Tell me, for what purpose, for what kind of work were the foreign laborers employed who had been imported into Germany? Is it correct to state that they were primarily employed in the armament and munitions industries?

SAUCKEL: Workers were brought to Germany for employment in the armament industry. The armament industry is a very wide term, and is not identical with the manufacture of arms and munitions. The armament industry includes all products—from matches to cannons—that have anything to do with supply for the army. It is, therefore, necessary, within this broad, far-reaching term, to limit or isolate the manufacture of arms and munitions.

Moreover, workers were brought to Germany for all other branches of civil economy essential to the war effort, such as agriculture, mining, skilled trades, and so forth. We made three distinctions: War economy, which meant the entire German economy in wartime; armament economy meant...

THE PRESIDENT: Well, Defendant, we do not want a lecture upon that, you know. All you were asked was whether they were brought there for work in the armament industry.

SAUCKEL: A part of them.

GEN. ALEXANDROV: I should like you to answer whether the workers brought to Germany were primarily employed in Germany’s war industries and for military purposes? Is that right or not? I mean in the broad sense of the word.

SAUCKEL: In the broad sense of the word, yes, including the entire economy in wartime.

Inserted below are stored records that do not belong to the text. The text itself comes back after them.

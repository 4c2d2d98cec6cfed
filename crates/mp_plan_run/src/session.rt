//! A run by a plan, whose queues stay within their bounds.
ghost use Rattle.std.specs.Prelude.{◌≡◌, ◌<◌, ◌+◌, ◌^◌, ◌++◌, ◌∷◌, [], ℕ, List, All, IfOk, IfErr, OnOk, OnErr};
ghost use Rattle.mp_model.specs.Arrivals.{HasCounts};
ghost use Rattle.mp_model.specs.Plans.{planned_advance};
ghost use Rattle.mp_model.specs.Run.{opening};
ghost use Rattle.mp_model.specs.Step.{State as StateOfModel};
ghost use Rattle.mp_model.specs.declared.limits.TheConstants.{MOST_LINES};
ghost use Rattle.mp_laws.specs.Buckets.{IsFirstAbove};
ghost use Rattle.mp_plan.specs.Made.{IsPlanOn};
ghost use Rattle.mp_step.specs.Standing.{Stands};
ghost use Rattle.mp_step.specs.Taken.{HasTaken};
ghost use Rattle.mp_plan_run.specs.Green.{running_stages};
ghost use Rattle.mp_plan_run.specs.Planned.{IsPlanned, IsWithin};

use crate::green::{list_green, list_running};
use arrayvec::ArrayVec;
use mp_net::{Net, NoMemory, StageNo};
use mp_plan::Plan;
use mp_step::{AboveAt, State};
use std::alloc::Global;
use std::marker::Model;

/// A run by a cyclic plan on a network without cycles of movements.
///
/// Its type keeps that each queue is at most the bound that the plan has for it (Cruz 1991): the run
/// is one over permitted arrivals.
#[derive(Drop)]
pub struct PlanSession<'a> {
    net: &'a Net,
    plan: Plan,
    state: State,
    // The stages of the last closed period.
    stages: ArrayVec<StageNo, 64>,
}

impl<'a> Model for PlanSession<'a> {
    ghost use Rattle.mp_plan_run.specs.Planned.{Planned};
    ghost use Rattle.mp_plan_run.specs.SessionView.{planned_of, IsSession};

    ghost Value = { Planned };

    ghost view = { planned_of };

    ghost invariant = { IsSession };
}

impl<'a> PlanSession<'a> {
    /// Stands at the opening of a run by the plan, which is one that was made for this network.
    /// `NoMemory` comes only where memory runs out.
    pub fn open(alloc: Global, net: &'a Net, plan: Plan) -> Result<PlanSession<'a>, NoMemory>
        requires { IsPlanOn net.now plan }
        ensures net { IfOk result (λ s. s.net ≡ net.now) }
        ensures plan { IfOk result (λ s. s.plan ≡ plan) }
        ensures opening { IfOk result (λ s. Stands net.now s.at (opening net.now)) }
        ensures taken { IfOk result (λ s. HasTaken net.now s.at []) }
        ensures stages { IfOk result (λ s. s.stages ≡ []) }
    {
        let _ = net.shares();
        let Ok(state) = State::empty(alloc, net) else {
            return Err(NoMemory);
        };
        Ok(PlanSession {
            net,
            plan,
            state,
            stages: ArrayVec::new(),
        })
    }

    /// The network of the run.
    pub fn net(&self) -> &Net
        ensures { result.now ≡ self.now.net }
    {
        self.net
    }

    /// The plan that was handed to `open`.
    pub fn plan(&self) -> &Plan
        ensures value { result.now ≡ self.now.plan }
        ensures on { IsPlanOn self.now.net self.now.plan }
    {
        &self.plan
    }

    /// Where the run stands. Each queue is at most its bound.
    pub fn state(&self) -> &State
        ensures value { result.now ≡ self.now.at }
        ensures planned { IsPlanned self.now }
        ensures within { IsWithin self.now }
    {
        &self.state
    }

    /// The stages of the last closed period, one per junction, 0 where it was idle, and none before the
    /// first period.
    pub fn stages(&self) -> &[StageNo]
        ensures { result.now ≡ self.now.stages }
    {
        &self.stages
    }

    /// One period in which these many vehicles arrive, one count of at most 9 digits per fed link, and
    /// each junction runs the stage of its plan or is idle.
    ///
    /// A movement of a stage that runs passes the lesser of its flow and its queue, whatever its weight,
    /// and all others pass 0.
    ///
    /// `AboveAt` comes exactly where some fed link would be above its bucket: it names the least, and
    /// the session stays as it was. A period takes no memory.
    pub fn period(&mut self, arrivals: &[u64]) -> Result<(), AboveAt>
        requires counts { HasCounts self.old.net arrivals.now }
        requires digits { All (λ a. a < 10 ^ 9) arrivals.now }
        requires period { self.old.at.period < MOST_LINES }
        ensures excess { IfErr result (λ above. (A : List (List ℕ)) → HasTaken self.old.net self.old.at A → IsFirstAbove self.old.net A arrivals.now above.link) }
        ensures stays { OnErr result (self.new ≡ self.old) }
        ensures taken { OnOk result ((A : List (List ℕ)) → HasTaken self.old.net self.old.at A → HasTaken self.old.net self.new.at (A ++ arrivals.now ∷ [])) }
        ensures step { OnOk result ((state : StateOfModel) → Stands self.old.net self.old.at state → Stands self.old.net self.new.at (planned_advance self.old.net self.old.plan arrivals.now state)) }
        ensures stages { OnOk result (self.new.stages ≡ running_stages self.old.net self.old.plan self.old.at.period) }
        ensures period { OnOk result (self.new.at.period ≡ self.old.at.period + 1) }
        ensures same { OnOk result (self.new ≡ record self.old { at = self.new.at; stages = self.new.stages }) }
    {
        let _ = self.net.shares();
        let mut stages = ArrayVec::new();
        list_running(self.net, &self.plan, self.state.period() + 1, &mut stages);
        let mut green = ArrayVec::new();
        list_green(self.net, &stages, &mut green);
        self.state.close_open(self.net, &green, arrivals)?;
        self.stages = stages;
        Ok(())
    }
}
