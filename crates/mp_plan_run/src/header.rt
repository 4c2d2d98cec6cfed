//! The header of a plan.
ghost use Rattle.std.specs.Prelude.{◌≡◌, ◌≤◌, ◌++◌, ◌∷◌, ◌+◌, [], length, decimal};
ghost use Rattle.mp_edge.specs.Outside.{Tells, Puts, HasCause};
ghost use Rattle.mp_model.specs.Log.{bound_line, spaced, text_of};
ghost use Rattle.mp_model.specs.Network.{movement_at};
ghost use Rattle.mp_model.specs.Plans.{green_line, greens_in_plan, plan_header};
ghost use Rattle.mp_model.specs.declared.limits.TheConstants.{MOST_LOG_LINE_BYTES};
ghost use Rattle.mp_plan.specs.Made.{IsPlanOn};
ghost use Rattle.mp_plan_run.specs.Heading.{cycle_line, plan_header_line};

use mp_edge::{Failed, Sink};
use mp_log::{push_number, push_text};
use mp_net::{JunctionNo, MovementNo, Net};
use mp_plan::Plan;
use mp_text::LineSink;

// How many lines the header has: two, one per junction and one per movement.
fn header_lines(net: &Net) -> u32
    ensures { result ≡ length net.now.junctions + length net.now.movements + 2 }
{
    u32::from(net.junctions()) + u32::from(net.movements()) + 2
}

// The line of the cycle in an empty buffer.
fn push_cycle(line: &mut LineSink, plan: &Plan)
    requires { line.old.held ≡ [] }
    ensures held { line.new.held ≡ cycle_line plan.now }
    ensures len { length line.new.held ≤ 50 }
{
    push_text(line, b"cycle ");
    push_number(line, plan.cycle());
}

// Appends a space and the digits of a green.
fn push_next(line: &mut LineSink, green: u32)
    requires { length line.old.held + 41 ≤ MOST_LOG_LINE_BYTES }
    ensures held { line.new.held ≡ line.old.held ++ 32 ∷ decimal green }
    ensures len { length line.new.held ≤ length line.old.held + 41 }
{
    push_text(line, b" ");
    push_number(line, green);
}

// Appends a space and the digits of each green.
fn push_greens(line: &mut LineSink, greens: &[u32])
    requires room { length line.old.held ≤ 50 }
    requires few { length greens.now ≤ 16 }
    ensures held { line.new.held ≡ line.old.held ++ spaced greens.now }
    ensures len { length line.new.held ≤ 1000 }
{
    for green in greens {
        push_next(line, *green);
    }
}

// The line of the greens of junction j in an empty buffer.
fn push_green(line: &mut LineSink, plan: &Plan, j: JunctionNo)
    requires empty { line.old.held ≡ [] }
    requires known { (1 ≤ j) × (j ≤ length plan.now.greens) }
    requires few { length (greens_in_plan plan.now j) ≤ 16 }
    ensures held { line.new.held ≡ green_line plan.now j }
    ensures len { length line.new.held ≤ 1000 }
{
    push_text(line, b"green ");
    push_number(line, j);
    push_greens(line, plan.greens(j));
}

// Appends the name of movement k.
fn push_name(line: &mut LineSink, net: &Net, k: MovementNo)
    requires known { (1 ≤ k) × (k ≤ length net.now.movements) }
    requires room { length line.old.held + 32 ≤ MOST_LOG_LINE_BYTES }
    ensures held { line.new.held ≡ line.old.held ++ (movement_at net.now k).name }
    ensures len { length line.new.held ≤ length line.old.held + 32 }
{
    push_text(line, net.movement(k).name.bytes());
}

// The line of the bound of movement k in an empty buffer.
fn push_bound(line: &mut LineSink, net: &Net, plan: &Plan, k: MovementNo)
    requires empty { line.old.held ≡ [] }
    requires known { (1 ≤ k) × (k ≤ length net.now.movements) }
    requires bounds { length plan.now.bounds ≡ length net.now.movements }
    ensures held { line.new.held ≡ bound_line net.now plan.now.bounds k }
    ensures len { length line.new.held ≤ 120 }
{
    push_text(line, b"bound ");
    push_number(line, k);
    push_text(line, b" ");
    push_name(line, net, k);
    push_text(line, b" ");
    push_number(line, plan.bound(k));
}

// Header line number i, from 1, in an empty buffer.
fn push_line(line: &mut LineSink, net: &Net, plan: &Plan, i: u32)
    requires empty { line.old.held ≡ [] }
    requires plan { IsPlanOn net.now plan.now }
    requires known { (1 ≤ i) × (i ≤ length net.now.junctions + length net.now.movements + 2) }
    ensures held { line.new.held ≡ plan_header_line net.now plan.now i }
    ensures len { length line.new.held ≤ 1000 }
{
    let _ = net.shares();
    let _ = net.movements();
    let junctions = u32::from(net.junctions());
    if i == 1 {
        push_text(line, b"plan 1");
    } else if i == 2 {
        push_cycle(line, plan);
    } else if i - 2 <= junctions {
        push_green(line, plan, (i - 2) as u16);
    } else {
        push_bound(line, net, plan, (i - 2 - junctions) as u16);
    }
}

// Puts header line number i, from 1, in one piece.
fn put_line<K: Sink>(out: &mut K, net: &Net, plan: &Plan, i: u32) -> Result<(), Failed>
    requires plan { IsPlanOn net.now plan.now }
    requires known { (1 ≤ i) × (i ≤ length net.now.junctions + length net.now.movements + 2) }
    ensures bytes { Tells (K.held out.old) (K.held out.new) (Puts result (plan_header_line net.now plan.now i ++ 10 ∷ [])) }
    ensures cause { HasCause (K.faults out.old) (K.faults out.new) result }
{
    let mut line = LineSink::new();
    push_line(&mut line, net, plan, i);
    push_text(&mut line, b"\n");
    out.put(line.bytes())
}

/// Puts the header of a plan that was made for this network, each line in one piece: the name and
/// version of the log, the cycle, the greens of each junction, and the bound of each movement.
///
/// `Failed` comes only with a fault of the sink, and then a prefix of the header was appended.
pub fn put_plan_header<K: Sink>(out: &mut K, net: &Net, plan: &Plan) -> Result<(), Failed>
    requires { IsPlanOn net.now plan.now }
    ensures bytes { Tells (K.held out.old) (K.held out.new) (Puts result (text_of (plan_header net.now plan.now))) }
    ensures cause { HasCause (K.faults out.old) (K.faults out.new) result }
{
    for i in 0..header_lines(net) {
        put_line(out, net, plan, i + 1)?;
    }
    Ok(())
}
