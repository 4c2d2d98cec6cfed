//! A run by a cyclic plan: its session, its header, and the run over a stream.
#![tactic(auto)]

mod green;
mod header;
mod laws;
mod run;
mod session;

pub use header::put_plan_header;
pub use laws::plan_flags_law;
pub use run::run_plan;
pub use session::PlanSession;

#[cfg(test)]
mod tests;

GEN. ALEXANDROV: Then the utilization of imported manpower was subordinated entirely and fully to the conduct of the war of aggression by Germany? Do you admit that?

SAUCKEL: That is stretching the idea too far. My own views, according to which I acted and could only act at the time, excluded the word “aggressive.”

GEN. ALEXANDROV: Please answer briefly if it appears to go too far. Tell me do you admit it or do you not?